//! A block store: what was put is got, and what was removed is missed; in memory it fails where it is told to.

use block_store::{BlockFail, Blocks, MemoryBlocks, SureBlocks};
use lake_base::Trouble;
use std::alloc::Global;
use std::test::Fail;

// Puts, puts over it, and gets; the store may have come from another thread.
fn second_body<B: Blocks + Send>(blocks: &mut B) -> Result<Option<Vec<u8>>, Trouble> {
    blocks.put(7, &[1, 2])?;
    blocks.put(3, &[4])?;
    blocks.put(7, &[5])?;
    blocks.get(7)
}

#[test]
fn a_store_gives_what_was_put(rt: HostRuntime) -> Result<(), Fail> {
    let mut blocks = SureBlocks::new(rt.alloc());
    let body = second_body(&mut blocks).ok().ok_or("no memory")?;
    let body = body.ok_or("it isn't held")?;
    assert_eq!(rt; body.as_slice(), [5].as_slice());
    let numbers = blocks.list().ok().ok_or("no memory")?;
    assert_eq!(rt; numbers.as_slice(), [3, 7].as_slice());
    assert_eq!(rt; blocks.remove(7), Ok(true));
    assert_eq!(rt; blocks.remove(7), Ok(false));
    let missed = blocks.get(7).ok().ok_or("no memory")?;
    assert!(rt; missed.is_none());
    Ok(())
}

#[derive(Clone, Copy)]
enum Call {
    // A letter under a number.
    Put(u64, u8),
    Get(u64),
    Remove(u64),
    // The numbers are 1 and 2.
    List,
}

// What the store answers to a call.
fn told(alloc: Global, blocks: &mut MemoryBlocks, call: Call) -> Result<String, Trouble> {
    let mut words = String::new(alloc);
    match call {
        Call::Put(number, letter) => {
            blocks.put(number, &[letter])?;
            words.push_str("put")?;
        }
        Call::Get(number) => match blocks.get(number)? {
            Some(bytes) => {
                for byte in bytes.as_slice() {
                    words.push(char::from(*byte))?;
                }
            }
            None => words.push_str("missed")?,
        },
        Call::Remove(number) => {
            let word = if blocks.remove(number)? {
                "removed"
            } else {
                "none"
            };
            words.push_str(word)?;
        }
        Call::List => {
            for number in blocks.list()?.as_slice() {
                words.push(if *number == 1 { '1' } else { '2' })?;
            }
        }
    }
    Ok(words)
}

static FAILS: [BlockFail; 6] = [
    BlockFail::Put {
        call: 2,
        lands: false,
    },
    BlockFail::Put {
        call: 3,
        lands: true,
    },
    BlockFail::Get(2),
    BlockFail::Remove {
        call: 2,
        lands: false,
    },
    BlockFail::Remove {
        call: 3,
        lands: true,
    },
    BlockFail::List(2),
];

// Calls, and what is answered to them by a store with these failures.
static CALLS: [(Call, &str); 17] = [
    (Call::Put(1, b'a'), "put"),
    (Call::Put(1, b'b'), "failed"),
    (Call::Get(1), "missed"),
    (Call::Put(1, b'c'), "failed"),
    (Call::Get(1), "failed"),
    (Call::Get(1), "c"),
    (Call::Put(2, b'd'), "put"),
    (Call::List, "12"),
    (Call::List, "failed"),
    (Call::List, "12"),
    (Call::Remove(2), "removed"),
    (Call::Remove(1), "failed"),
    (Call::Get(1), "c"),
    (Call::Remove(1), "failed"),
    (Call::Get(1), "missed"),
    (Call::Remove(1), "none"),
    (Call::List, ""),
];

#[test]
fn a_store_fails_where_it_is_told(rt: HostRuntime) -> Result<(), Fail> {
    let alloc = rt.alloc();
    let fails = Vec::from_slice(alloc, &FAILS)?;
    let mut blocks = MemoryBlocks::new(alloc, fails);
    for (call, due) in &CALLS {
        match told(alloc, &mut blocks, *call) {
            Ok(words) => assert_eq!(rt; words.as_str(), *due),
            Err(Trouble::Failed) => assert_eq!(rt; "failed", *due),
            Err(Trouble::NoMemory) => return Err("no memory")?,
        }
    }
    Ok(())
}
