//! HTTP messages: bytes become a request or a reply, and a reply becomes bytes.
//!
//! - `message`, `fault`: requests and replies, and why a message isn't read. `buffer`: bytes that were read ahead.
//! - `request`, `response`: requests and replies are read. `heads`, `fields`, `body`: where a head ends, what its
//!   fields say, and its body.
//! - `reply`, `parts`, `write`: replies are written, and the one of want of memory; parts by few writes; all of some
//!   bytes.
//!
//! The promise to the layer above: what is read is the message at the front of the bytes, or its first fault, however
//! the reads are cut; and what is written is the reply's text, or a front of it before a failure.
#![tactic(auto)]

mod body;
pub mod buffer;
pub mod fault;
mod fields;
mod heads;
pub mod laws;
pub mod message;
mod parts;
pub mod reply;
pub mod request;
pub mod response;
pub mod write;

pub use buffer::Buffer;
pub use fault::WireFault;
pub use message::{Field, Reply, Request};
pub use reply::{write_no_memory, write_reply};
pub use request::read_request;
pub use response::read_reply;
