//! Writing all of some bytes.
ghost use Rattle.std.specs.Prelude.{OnOk, OnErr};
ghost use Rattle.lake_base.specs.Outside.{HasCause};
ghost use Rattle.http_wire.specs.SinkFronts.{Wrote, WroteFront};

use lake_base::{Failed, Sink};

/// Writes all of the bytes, in as many writes as the sink wants. After a failure a front of them is written.
pub fn write_all<W: Sink>(sink: &mut W, bytes: &[u8]) -> Result<(), Failed>
    ensures all { OnOk result (Wrote (W.written sink.old) (W.written sink.new) bytes.now) }
    ensures front { OnErr result (WroteFront (W.written sink.old) (W.written sink.new) bytes.now) }
    ensures cause { HasCause (W.faults sink.old) (W.faults sink.new) result }
{
    let mut left = bytes;
    while !left.is_empty() {
        let taken = sink.write(left)?;
        left = &left[taken..];
    }
    Ok(())
}
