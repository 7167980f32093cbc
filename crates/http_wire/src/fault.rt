//! Why a message isn't read.
ghost use Rattle.std.specs.Prelude.{◌≡◌};

use lake_base::NoMemory;
use std::alloc::{AllocError, AllocFailed};
use thiserror::Error;

/// Why a message isn't read. The faults that its bytes show come in this order: HeadTooLong, Ended and an end inside
/// the head, BadHead, Chunked, BadLength, BodyTooLong, an end inside the body.
#[derive(Clone, Copy, Debug, PartialEq, Eq, Drop, Error)]
pub enum WireFault {
    /// The source ended before a first byte.
    #[error("the source ended")]
    Ended,
    /// The source ended behind so many bytes of the message.
    #[error("the message ends after {0} bytes")]
    Truncated(u64),
    /// 16,384 bytes are there, and no head ends in them.
    #[error("head too long")]
    HeadTooLong,
    /// The head isn't one of HTTP/1.0 or 1.1 with at most 64 fields (RFC 9112, sections 2 to 5).
    #[error("bad head")]
    BadHead,
    /// The body comes in a coding, which isn't read.
    #[error("chunked body")]
    Chunked,
    /// There are two lengths, or one that isn't 1 to 19 digits.
    #[error("bad length")]
    BadLength,
    /// The body is to have so many bytes, which is above the limit.
    #[error("a body of {0} bytes is too long")]
    BodyTooLong(u64),
    /// The source failed, and counted it.
    #[error("the source failed")]
    ReadFault,
    /// No memory was left.
    #[error("out of memory")]
    NoMemory,
}

impl From<AllocError> for WireFault {
    ghost use Rattle.http_wire.specs.declared.fault.WireFault.TheVariants.{NoMemory as no_memory};

    ghost from_gives = { λ _ e. e ≡ no_memory };

    fn from(_: AllocError) -> Self {
        WireFault::NoMemory
    }
}

impl<T: Drop> From<AllocFailed<T>> for WireFault {
    ghost use Rattle.http_wire.specs.declared.fault.WireFault.TheVariants.{NoMemory as no_memory};

    ghost from_gives = { λ _ e. e ≡ no_memory };

    fn from(_: AllocFailed<T>) -> Self {
        WireFault::NoMemory
    }
}

impl From<NoMemory> for WireFault {
    ghost use Rattle.http_wire.specs.declared.fault.WireFault.TheVariants.{NoMemory as no_memory};

    ghost from_gives = { λ _ e. e ≡ no_memory };

    fn from(_: NoMemory) -> Self {
        WireFault::NoMemory
    }
}
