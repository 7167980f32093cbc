//! Tests of what the lake stands on: what no clause says of a turn and of a store of objects.
//!
//! - `turns`: a turn over a log, which two threads can share. `small_lake`: a turn over a small lake, the form to copy
//!   for a value under a turn; it is proved without its tests too, since its definitions cite its types.
//! - `objects`: a block store, and one that fails where it is told to.
#![tactic(auto)]

#[cfg(test)]
mod objects;
mod small_lake;
#[cfg(test)]
mod turns;
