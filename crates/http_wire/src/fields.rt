//! What the fields of a head say of the message.
ghost use Rattle.std.specs.Prelude.{◌≡◌, [], if◌then◌else◌, codes, reverse, true};
ghost use Rattle.httparse.specs.Grammar.{skip_ows, trim_ows};
ghost use Rattle.std.specs.Char.{is_ascii_digit};
ghost use Rattle.std.specs.List.{list_any, list_all};
ghost use Rattle.std.specs.Str.{is_utf8};
ghost use Rattle.std.specs.Str.Parse.{digits_value};
ghost use Rattle.http_wire.specs.MessageFields.{is_named, is_close, asks_close, is_closing, closes};
ghost use Rattle.http_wire.specs.MessageFields.{stated_number, stated_length};
ghost use Rattle.http_wire.specs.MessageFields.{is_length, length_within};
ghost use Rattle.http_wire.specs.MessageFields.{values_of, body_length};
ghost use Rattle.http_wire.specs.Messages.{first_text};

use crate::fault::WireFault;
use crate::message::Field;
use httparse::is_space_or_tab;
use lake_base::is_utf8;

impl Field {
    /// Whether the field has the name, its letters in any case.
    pub fn is_named(&self, name: &[u8]) -> bool
        ensures { result ≡ is_named name.now self.now }
    {
        self.name.as_slice().eq_ignore_ascii_case(name)
    }
}

// The bytes without the blanks at the front.
fn trim_start(mut bytes: &[u8]) -> &[u8]
    ensures { result.now ≡ skip_ows bytes.now }
{
    while let [first, rest @ ..] = bytes
        && is_space_or_tab(*first)
    {
        bytes = rest;
    }
    bytes
}

// The bytes without the blanks at the end.
fn trim_end(mut bytes: &[u8]) -> &[u8]
    ensures { result.now ≡ reverse (skip_ows (reverse bytes.now)) }
{
    while let [rest @ .., last] = bytes
        && is_space_or_tab(*last)
    {
        bytes = rest;
    }
    bytes
}

// The bytes without the blanks around them.
fn trim(bytes: &[u8]) -> &[u8]
    ensures { result.now ≡ trim_ows bytes.now }
{
    trim_end(trim_start(bytes))
}

// Whether the word is `close`, its letters in any case, the blanks around it dropped.
fn is_close(word: &[u8]) -> bool
    ensures { result ≡ is_close word.now }
{
    let word = trim(word);
    word.eq_ignore_ascii_case(b"close")
}

// Whether a value has the member `close`.
fn asks_close(value: &[u8]) -> bool
    ensures { result ≡ asks_close value.now }
{
    value.split(|byte| *byte == b',').any(is_close)
}

// Whether a field asks for the connection's end.
fn is_closing(field: &Field) -> bool
    ensures { result ≡ is_closing field.now }
{
    field.is_named(b"connection") && asks_close(field.value.as_slice())
}

// Whether one of them does.
fn has_closing(fields: &[Field]) -> bool
    ensures { result ≡ list_any is_closing fields.now }
{
    fields.iter().any(|field| is_closing(field))
}

/// Whether the sender closes the connection behind a message of HTTP/1.`minor`.
pub(crate) fn closes(minor: u8, fields: &[Field]) -> bool
    ensures { result ≡ closes minor fields.now }
{
    minor == 0 || has_closing(fields)
}

// Whether all bytes are digits.
fn are_digits(bytes: &[u8]) -> bool
    ensures { result ≡ list_all is_ascii_digit bytes.now }
{
    bytes.iter().all(|byte| byte.is_ascii_digit())
}

// The number of 1 to 19 digits.
fn number_of(digits: &[u8]) -> u64
    requires { is_length digits.now ≡ true }
    ensures { result ≡ digits_value 10 digits.now }
{
    let mut number: u64 = 0;
    for digit in digits {
        number = number * 10 + u64::from(*digit - b'0');
    }
    number
}

// The number of a length, where the value is one.
fn stated_number(value: &[u8]) -> Option<u64>
    ensures { result ≡ stated_number value.now }
{
    if value.is_empty() || value.len() > 19 || !are_digits(value) {
        return None;
    }
    Some(number_of(value))
}

// Whether a Content-Length field stands among these.
fn has_length(fields: &[Field]) -> bool
    ensures { result ≡ list_any (is_named (codes "content-length")) fields.now }
{
    fields.iter().any(|field| field.is_named(b"content-length"))
}

// The length that all Content-Length fields state: 0 without one, and none where there are two.
fn stated_length(fields: &[Field]) -> Option<u64>
    ensures { result ≡ stated_length (values_of (codes "content-length") fields.now) }
{
    for at in 0..fields.len() {
        let field = &fields[at];
        if field.is_named(b"content-length") {
            let (_, behind) = fields.split_at(at + 1);
            if has_length(behind) {
                return None;
            }
            return stated_number(field.value.as_slice());
        }
    }
    Some(0)
}

/// The value of the first field of this name, where there is one and it is UTF-8; else it is empty.
pub(crate) fn first_text<'a>(name: &[u8], fields: &'a [Field]) -> &'a [u8]
    ensures first { result.now ≡ first_text (values_of name.now fields.now) }
    ensures text { is_utf8 result.now ≡ true }
{
    for at in 0..fields.len() {
        let field = &fields[at];
        if field.is_named(name) {
            return text_or_empty(field.value.as_slice());
        }
    }
    b""
}

// The bytes where they are UTF-8, else none.
fn text_or_empty(bytes: &[u8]) -> &[u8]
    ensures same { result.now ≡ (if is_utf8 bytes.now then bytes.now else []) }
    ensures text { is_utf8 result.now ≡ true }
{
    if is_utf8(bytes) { bytes } else { b"" }
}

// Whether the body comes in a coding.
fn is_coded(fields: &[Field]) -> bool
    ensures { result ≡ list_any (is_named (codes "transfer-encoding")) fields.now }
{
    fields
        .iter()
        .any(|field| field.is_named(b"transfer-encoding"))
}

// The length of the body by the stated one, or its fault.
fn length_within(limit: Option<u64>, stated: Option<u64>) -> Result<u64, WireFault>
    ensures { result ≡ length_within limit stated }
{
    match stated {
        None => Err(WireFault::BadLength),
        Some(size) => match limit {
            Some(most) if size > most => Err(WireFault::BodyTooLong(size)),
            _ => Ok(size),
        },
    }
}

/// The length of the body behind these fields, of at most `limit` bytes, or the first fault.
pub(crate) fn body_length(limit: Option<u64>, fields: &[Field]) -> Result<u64, WireFault>
    ensures { result ≡ body_length limit fields.now }
{
    if is_coded(fields) {
        return Err(WireFault::Chunked);
    }
    length_within(limit, stated_length(fields))
}
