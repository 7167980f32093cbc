//! A small lake over any keeper, whose steps go through a turn as those of a lake of many seats will.
ghost use Rattle.std.specs.Prelude.{◌≡◌, ℕ, ◌+◌, ◌<◌, ◌≤◌, List, [], map};
ghost use Rattle.std.specs.Prelude.{Some, IfOk, MatchOption, MatchResult, Contains};
ghost use mathlib.Core.List.{IsPrefix};
ghost use Rattle.turn_lock.specs.Seats.{by_seat, seat_after, with_entry};
ghost use Rattle.test_turns.specs.SmallLake.{SmallState, Gives, Stands, entry_of, faults_in, put_reply, raised};
ghost use Rattle.test_turns.specs.SmallLake.{state_of};

use std::alloc::{AllocError, Global};
use std::marker::Model;
use std::snapshot::Snapshot;
use std::sync::Wait;
use std::test::Fail;
use turn_lock::{NoMemory, Seat, Standing, Turn};

/// What keeps the numbers of a lake. It may fail.
pub trait Keeper: Drop {
    /// How often it has failed.
    ghost faults: { Self → ℕ };

    fn keep(&mut self, number: u64) -> Result<(), Failed>
        ensures { MatchResult result (λ _. faults self.new ≡ faults self.old)
            (λ _. faults self.old < faults self.new) };
}

#[derive(Clone, Copy, Debug, PartialEq, Eq)]
pub struct Failed;

/// Who made an entry: the number of a seat, and which of its calls.
#[derive(Clone, Copy, Debug, PartialEq, Eq)]
pub struct By {
    pub seat: u32,
    pub call: u64,
}

/// What is said of a number. Contracts see its bytes.
#[derive(Drop)]
pub struct Remark {
    bytes: Vec<u8>,
}

impl Model for Remark {
    ghost use Rattle.std.specs.Prelude.{ℕ, List};

    ghost Value = { List ℕ };

    ghost view = { λ r. r.bytes.items };
}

- - - -

◆ **Problem to work on**: Output each line of the records above exactly, beginning at the first, and stop once the line containing "fn a_store_gives_what_was_put(rt: HostRuntime)" has been output.

◆ **Answer**:
//! A block store: what was put is got, and what was removed is missed; in memory it fails where it is told to.

use block_store::{BlockFail, Blocks, MemoryBlocks, SureBlocks};
use lake_base::Trouble;
use std::alloc::Global;
use std::test::Fail;

// Puts, puts over it, and gets; the store may have come from another thread.
fn second_body<B: Blocks + Send>(blocks: &mut B) -> Result<Option<Vec<u8>>, Trouble> {
    blocks.put(7, &[1, 2])?;
    blocks.put(3, &[4])?;
    blocks.put(7, &[5])?;
    blocks.get(7)
}

#[test]
fn a_store_gives_what_was_put(rt: HostRuntime) -> Result<(), Fail> {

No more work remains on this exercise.